▶ [Your goal]: Please set down each line of the material exactly.

•••

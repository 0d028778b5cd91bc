//! What an operator asks of a service that runs.

ghost use Rattle.std.specs.Prelude.{◌≡◌, ◌≢◌, ◌<◌, ◌^◌, ◌-◌, ◌↔◌, ℕ, List, Option, Some, None, Err, IfOk, IfSome, true, false};
ghost use Rattle.std.specs.Str.{bytes_eq};
ghost use Rattle.atomic_table.specs.Seated.{TableId};
ghost use Rattle.http_link.specs.declared.operator_request.Topic.TheVariants as about;
ghost use Rattle.common_types.specs.Numerals.{number_in};
ghost use Rattle.service.specs.Operating.{Explains, OrMemory, States};
ghost use Rattle.service.specs.Questions.{Question as QuestionOf, question_at, question_in};

use crate::operators::question::{Question, QuestionFault, question_in};
use crate::worker::desk::Desk;
use common_types::number_in;
use http_link::{OperatorWanted, Topic};
use meters::MeterSeat;
use one_list::Run;
use std::alloc::AllocError;

/// A service that runs, as the operators of its tenants ask it.
pub trait Operated {
    /// How many tenants there are, the number of the tenant of a name, and the token of a tenant's operator.
    ghost tenants: { Self → ℕ };

    ghost numbered: { Self → List ℕ → Option ℕ };

    ghost token: { Self → ℕ → List ℕ };

    /// That a text is the present setup of a tenant; its metrics; the explanation of a packet; and the statement of a closed
    /// period.
    ghost presents: { Self → ℕ → List ℕ → Type 0 };

    ghost measures: { Self → ℕ → List ℕ → Type 0 };

    ghost explains: { Self → ℕ → QuestionOf → List ℕ → Type 0 };

    ghost states: { Self → ℕ → ℕ → List ℕ → Type 0 };

    /// Which meters are read.
    ghost read: { Self → TableId };

    /// The number of the tenant of that name.
    fn tenant_named(&self, name: &[u8]) -> Option<usize>
        ensures value { result ≡ numbered self.now name.now }
        ensures there { IfSome result (λ tenant. tenant < tenants self.now) };

    /// Whether that is the token of the tenant's operator.
    fn is_operator(&self, tenant: usize, shown: &[u8]) -> bool
        requires { tenant < tenants self.now }
        ensures { result ≡ bytes_eq (token self.now tenant) shown.now };

    /// The present setup of a tenant. Fails only if it is out of memory.
    fn present(&self, tenant: usize) -> Result<Vec<u8>, AllocError>
        requires { tenant < tenants self.now }
        ensures { IfOk result (λ text. presents self.now tenant text.items) };

    /// The metrics of a tenant, read through a seat of the meters. Fails only if it is out of memory.
    fn metrics(&self, seat: &mut MeterSeat, tenant: usize) -> Result<Vec<u8>, AllocError>
        requires seat { seat.old.meters ≡ read self.now }
        requires tenant { tenant < tenants self.now }
        ensures told { IfOk result (λ text. measures self.now tenant text.items) }
        ensures same { seat.new ≡ seat.old };

    /// Which check of a tenant decides on a packet now. Fails only if it is out of memory.
    fn explain(&self, tenant: usize, question: &Question<'_>) -> Result<Vec<u8>, AllocError>
        requires { tenant < tenants self.now }
        ensures { IfOk result (λ text. explains self.now tenant (question_at question.now) text.items) };

    /// The statement of a tenant's closed period, if there is one that can be read.
    fn statement(&self, tenant: usize, period: u64) -> Option<Vec<u8>>
        requires { tenant < tenants self.now }
        ensures { IfSome result (λ text. states self.now tenant period text.items) };
}

/// Why an operator gets no answer to its question.
#[derive(Clone, Copy, Debug, PartialEq, Eq)]
pub enum Unanswered {
    /// No tenant has the name.
    Tenant,
    /// The token is not that of the tenant's operator.
    Token,
    /// There is no such statement.
    Statement,
    /// The words are not a question.
    Question(QuestionFault),
    /// Out of memory.
    Memory,
}

impl From<AllocError> for Unanswered {
    ghost use Rattle.std.specs.Prelude.{◌≡◌};
    ghost use Rattle.service.specs.declared.operators.asking.Unanswered.TheVariants.{Memory};

    ghost from_gives = { λ error told. told ≡ Memory };

    fn from(_: AllocError) -> Unanswered {
        Unanswered::Memory
    }
}

// Which check decides on a packet now, if the words are a question.
fn explained<S: Operated>(service: &S, tenant: usize, words: &[u8]) -> Result<Vec<u8>, Unanswered>
    requires { tenant < S.tenants service.now }
    ensures told { Explains (question_in words.now) (λ question text. S.explains service.now tenant question text.items) result }
    ensures tenant { result ≢ Err Unanswered.Tenant }
    ensures token { result ≢ Err Unanswered.Token }
{
    match question_in(words) {
        Ok(question) => Ok(service.explain(tenant, &question)?),
        Err(fault) => Err(Unanswered::Question(fault)),
    }
}

// The statement of the period whose number the words are.
fn stated<S: Operated>(service: &S, tenant: usize, words: &[u8]) -> Result<Vec<u8>, Unanswered>
    requires { tenant < S.tenants service.now }
    ensures told { States (number_in 0 (2 ^ 64 - 1) words.now) (λ period text. S.states service.now tenant period text.items) result }
    ensures tenant { result ≢ Err Unanswered.Tenant }
    ensures token { result ≢ Err Unanswered.Token }
{
    let Ok(period) = number_in::<0, { u64::MAX }>(words) else {
        return Err(Unanswered::Statement);
    };
    match service.statement(tenant, period.get()) {
        Some(text) => Ok(text),
        None => Err(Unanswered::Statement),
    }
}

/// The answer to what an operator asks about its tenant, under a token. The meters are read through a desk's seat.
pub fn told_to_operator<S: Operated, J: Run>(
    service: &S,
    desk: &mut Desk<J>,
    wanted: &OperatorWanted<'_>,
    topic: Topic,
) -> Result<Vec<u8>, Unanswered>
    requires { desk.old.seat.meters ≡ S.read service.now }
    ensures unknown { (result ≡ Err Unanswered.Tenant) ↔ (S.numbered service.now wanted.now.tenant.now ≡ None) }
    ensures refused { (tenant : ℕ) → S.numbered service.now wanted.now.tenant.now ≡ Some tenant
        → ((result ≡ Err Unanswered.Token) ↔ (bytes_eq (S.token service.now tenant) wanted.now.token.now ≡ false)) }
    ensures setup { (tenant : ℕ) → S.numbered service.now wanted.now.tenant.now ≡ Some tenant
        → topic ≡ about.Setup → bytes_eq (S.token service.now tenant) wanted.now.token.now ≡ true
        → OrMemory (λ text. S.presents service.now tenant text.items) result }
    ensures metrics { (tenant : ℕ) → S.numbered service.now wanted.now.tenant.now ≡ Some tenant
        → topic ≡ about.Metrics → bytes_eq (S.token service.now tenant) wanted.now.token.now ≡ true
        → OrMemory (λ text. S.measures service.now tenant text.items) result }
    ensures explain { (tenant : ℕ) → S.numbered service.now wanted.now.tenant.now ≡ Some tenant
        → topic ≡ about.Explain → bytes_eq (S.token service.now tenant) wanted.now.token.now ≡ true
        → Explains (question_in wanted.now.words.now) (λ question text. S.explains service.now tenant question text.items) result }
    ensures statement { (tenant : ℕ) → S.numbered service.now wanted.now.tenant.now ≡ Some tenant
        → topic ≡ about.Statement → bytes_eq (S.token service.now tenant) wanted.now.token.now ≡ true
        → States (number_in 0 (2 ^ 64 - 1) wanted.now.words.now) (λ period text. S.states service.now tenant period text.items) result }
    ensures same { desk.new ≡ desk.old }
{
    let Some(tenant) = service.tenant_named(wanted.tenant) else {
        return Err(Unanswered::Tenant);
    };
    if !service.is_operator(tenant, wanted.token) {
        return Err(Unanswered::Token);
    }
    match topic {
        Topic::Setup => Ok(service.present(tenant)?),
        Topic::Metrics => Ok(service.metrics(&mut desk.seat, tenant)?),
        Topic::Explain => explained(service, tenant, wanted.words),
        Topic::Statement => stated(service, tenant, wanted.words),
    }
}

•••

▶ [Problem solution]:
repository 0d028778b5cd91bc
//! What an operator asks of a service that runs.

ghost use Rattle.std.specs.Prelude.{◌≡◌, ◌≢◌, ◌<◌, ◌^◌, ◌-◌, ◌↔◌, ℕ, List, Option, Some, None, Err, IfOk, IfSome, true, false};
ghost use Rattle.std.specs.Str.{bytes_eq};
ghost use Rattle.atomic_table.specs.Seated.{TableId};
ghost use Rattle.http_link.specs.declared.operator_request.Topic.TheVariants as about;
ghost use Rattle.common_types.specs.Numerals.{number_in};
ghost use Rattle.service.specs.Operating.{Explains, OrMemory, States};
ghost use Rattle.service.specs.Questions.{Question as QuestionOf, question_at, question_in};

use crate::operators::question::{Question, QuestionFault, question_in};
use crate::worker::desk::Desk;
use common_types::number_in;
use http_link::{OperatorWanted, Topic};
use meters::MeterSeat;
use one_list::Run;
use std::alloc::AllocError;

/// A service that runs, as the operators of its tenants ask it.
pub trait Operated {
    /// How many tenants there are, the number of the tenant of a name, and the token of a tenant's operator.
    ghost tenants: { Self → ℕ };

    ghost numbered: { Self → List ℕ → Option ℕ };

    ghost token: { Self → ℕ → List ℕ };

    /// That a text is the present setup of a tenant; its metrics; the explanation of a packet; and the statement of a closed
    /// period.
    ghost presents: { Self → ℕ → List ℕ → Type 0 };

    ghost measures: { Self → ℕ → List ℕ → Type 0 };

    ghost explains: { Self → ℕ → QuestionOf → List ℕ → Type 0 };

    ghost states: { Self → ℕ → ℕ → List ℕ → Type 0 };

    /// Which meters are read.
    ghost read: { Self → TableId };

    /// The number of the tenant of that name.
    fn tenant_named(&self, name: &[u8]) -> Option<usize>
        ensures value { result ≡ numbered self.now name.now }
        ensures there { IfSome result (λ tenant. tenant < tenants self.now) };

    /// Whether that is the token of the tenant's operator.
    fn is_operator(&self, tenant: usize, shown: &[u8]) -> bool
        requires { tenant < tenants self.now }
        ensures { result ≡ bytes_eq (token self.now tenant) shown.now };

    /// The present setup of a tenant. Fails only if it is out of memory.
    fn present(&self, tenant: usize) -> Result<Vec<u8>, AllocError>
        requires { tenant < tenants self.now }
        ensures { IfOk result (λ text. presents self.now tenant text.items) };

    /// The metrics of a tenant, read through a seat of the meters. Fails only if it is out of memory.
    fn metrics(&self, seat: &mut MeterSeat, tenant: usize) -> Result<Vec<u8>, AllocError>
        requires seat { seat.old.meters ≡ read self.now }
        requires tenant { tenant < tenants self.now }
        ensures told { IfOk result (λ text. measures self.now tenant text.items) }
        ensures same { seat.new ≡ seat.old };

    /// Which check of a tenant decides on a packet now. Fails only if it is out of memory.
    fn explain(&self, tenant: usize, question: &Question<'_>) -> Result<Vec<u8>, AllocError>
        requires { tenant < tenants self.now }
        ensures { IfOk result (λ text. explains self.now tenant (question_at question.now) text.items) };

    /// The statement of a tenant's closed period, if there is one that can be read.
    fn statement(&self, tenant: usize, period: u64) -> Option<Vec<u8>>
        requires { tenant < tenants self.now }
        ensures { IfSome result (λ text. states self.now tenant period text.items) };
}

/// Why an operator gets no answer to its question.
#[derive(Clone, Copy, Debug, PartialEq, Eq)]
pub enum Unanswered {
    /// No tenant has the name.
    Tenant,
    /// The token is not that of the tenant's operator.
    Token,
    /// There is no such statement.
    Statement,
    /// The words are not a question.
    Question(QuestionFault),
    /// Out of memory.
    Memory,
}

impl From<AllocError> for Unanswered {
    ghost use Rattle.std.specs.Prelude.{◌≡◌};
    ghost use Rattle.service.specs.declared.operators.asking.Unanswered.TheVariants.{Memory};

    ghost from_gives = { λ error told. told ≡ Memory };

    fn from(_: AllocError) -> Unanswered {
        Unanswered::Memory
    }
}

// Which check decides on a packet now, if the words are a question.
fn explained<S: Operated>(service: &S, tenant: usize, words: &[u8]) -> Result<Vec<u8>, Unanswered>
    requires { tenant < S.tenants service.now }
    ensures told { Explains (question_in words.now) (λ question text. S.explains service.now tenant question text.items) result }
    ensures tenant { result ≢ Err Unanswered.Tenant }
    ensures token { result ≢ Err Unanswered.Token }
{
    match question_in(words) {
        Ok(question) => Ok(service.explain(tenant, &question)?),
        Err(fault) => Err(Unanswered::Question(fault)),
    }
}

// The statement of the period whose number the words are.
fn stated<S: Operated>(service: &S, tenant: usize, words: &[u8]) -> Result<Vec<u8>, Unanswered>
    requires { tenant < S.tenants service.now }
    ensures told { States (number_in 0 (2 ^ 64 - 1) words.now) (λ period text. S.states service.now tenant period text.items) result }
    ensures tenant { result ≢ Err Unanswered.Tenant }
    ensures token { result ≢ Err Unanswered.Token }
{
    let Ok(period) = number_in::<0, { u64::MAX }>(words) else {
        return Err(Unanswered::Statement);
    };
    match service.statement(tenant, period.get()) {
        Some(text) => Ok(text),
        None => Err(Unanswered::Statement),
    }
}

/// The answer to what an operator asks about its tenant, under a token. The meters are read through a desk's seat.
pub fn told_to_operator<S: Operated, J: Run>(
    service: &S,
    desk: &mut Desk<J>,
    wanted: &OperatorWanted<'_>,
    topic: Topic,
) -> Result<Vec<u8>, Unanswered>
    requires { desk.old.seat.meters ≡ S.read service.now }
    ensures unknown { (result ≡ Err Unanswered.Tenant) ↔ (S.numbered service.now wanted.now.tenant.now ≡ None) }
    ensures refused { (tenant : ℕ) → S.numbered service.now wanted.now.tenant.now ≡ Some tenant
        → ((result ≡ Err Unanswered.Token) ↔ (bytes_eq (S.token service.now tenant) wanted.now.token.now ≡ false)) }
    ensures setup { (tenant : ℕ) → S.numbered service.now wanted.now.tenant.now ≡ Some tenant
        → topic ≡ about.Setup → bytes_eq (S.token service.now tenant) wanted.now.token.now ≡ true
        → OrMemory (λ text. S.presents service.now tenant text.items) result }
    ensures metrics { (tenant : ℕ) → S.numbered service.now wanted.now.tenant.now ≡ Some tenant
        → topic ≡ about.Metrics → bytes_eq (S.token service.now tenant) wanted.now.token.now ≡ true
        → OrMemory (λ text. S.measures service.now tenant text.items) result }
    ensures explain { (tenant : ℕ) → S.numbered service.now wanted.now.tenant.now ≡ Some tenant
        → topic ≡ about.Explain → bytes_eq (S.token service.now tenant) wanted.now.token.now ≡ true
        → Explains (question_in wanted.now.words.now) (λ question text. S.explains service.now tenant question text.items) result }
    ensures statement { (tenant : ℕ) → S.numbered service.now wanted.now.tenant.now ≡ Some tenant
        → topic ≡ about.Statement → bytes_eq (S.token service.now tenant) wanted.now.token.now ≡ true
        → States (number_in 0 (2 ^ 64 - 1) wanted.now.words.now) (λ period text. S.states service.now tenant period text.items) result }
    ensures same { desk.new ≡ desk.old }
{
    let Some(tenant) = service.tenant_named(wanted.tenant) else {
        return Err(Unanswered::Tenant);
    };
    if !service.is_operator(tenant, wanted.token) {
        return Err(Unanswered::Token);
    }
    match topic {
        Topic::Setup => Ok(service.present(tenant)?),
        Topic::Metrics => Ok(service.metrics(&mut desk.seat, tenant)?),
        Topic::Explain => explained(service, tenant, wanted.words),
        Topic::Statement => stated(service, tenant, wanted.words),
    }
}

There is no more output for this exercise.